• [Input]

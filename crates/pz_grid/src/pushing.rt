//! A press gives its direction to the player.

ghost use Rattle.std.specs.Prelude.{◌≡◌};
ghost use Rattle.pz_game.specs.Game.{players_of};
ghost use Rattle.pz_sheet.specs.Grid.{IsLawful, IsOfGame, SameSize};
ghost use Rattle.pz_grid.specs.Marks.{IsMarked};
ghost use Rattle.pz_sheet.specs.Pushing.{pushed_level};

use crate::Level;
use pz_game::direction::Dir;
use pz_game::game::Game;

/// Gives the direction to each object of the level that is a `Player`. Rule `step.press`.
pub fn push_players(game: &Game, level: &mut Level, dir: Dir)
    requires { IsOfGame game.now level.old.grid }
    ensures pushed { level.new.grid ≡ pushed_level (players_of game.now) dir level.old.grid }
    ensures size { SameSize level.old.grid level.new.grid }
    ensures lawful { IsLawful level.new.grid }
    ensures marked { IsMarked level.new }
    ensures row_marks { level.new.row_marks ≡ level.old.row_marks }
    ensures column_marks { level.new.column_marks ≡ level.old.column_marks }
{
    level.bare.push_all(game.players(), dir);
}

• [Exercise details]
The answer must be an exact copy of every entry.

• [Worked solution]
filename crates/pz_grid/src/pushing.rt
//! A press gives its direction to the player.

ghost use Rattle.std.specs.Prelude.{◌≡◌};
ghost use Rattle.pz_game.specs.Game.{players_of};
ghost use Rattle.pz_sheet.specs.Grid.{IsLawful, IsOfGame, SameSize};
ghost use Rattle.pz_grid.specs.Marks.{IsMarked};
ghost use Rattle.pz_sheet.specs.Pushing.{pushed_level};

use crate::Level;
use pz_game::direction::Dir;
use pz_game::game::Game;

/// Gives the direction to each object of the level that is a `Player`. Rule `step.press`.
pub fn push_players(game: &Game, level: &mut Level, dir: Dir)
    requires { IsOfGame game.now level.old.grid }
    ensures pushed { level.new.grid ≡ pushed_level (players_of game.now) dir level.old.grid }
    ensures size { SameSize level.old.grid level.new.grid }
    ensures lawful { IsLawful level.new.grid }
    ensures marked { IsMarked level.new }
    ensures row_marks { level.new.row_marks ≡ level.old.row_marks }
    ensures column_marks { level.new.column_marks ≡ level.old.column_marks }
{
    level.bare.push_all(game.players(), dir);
}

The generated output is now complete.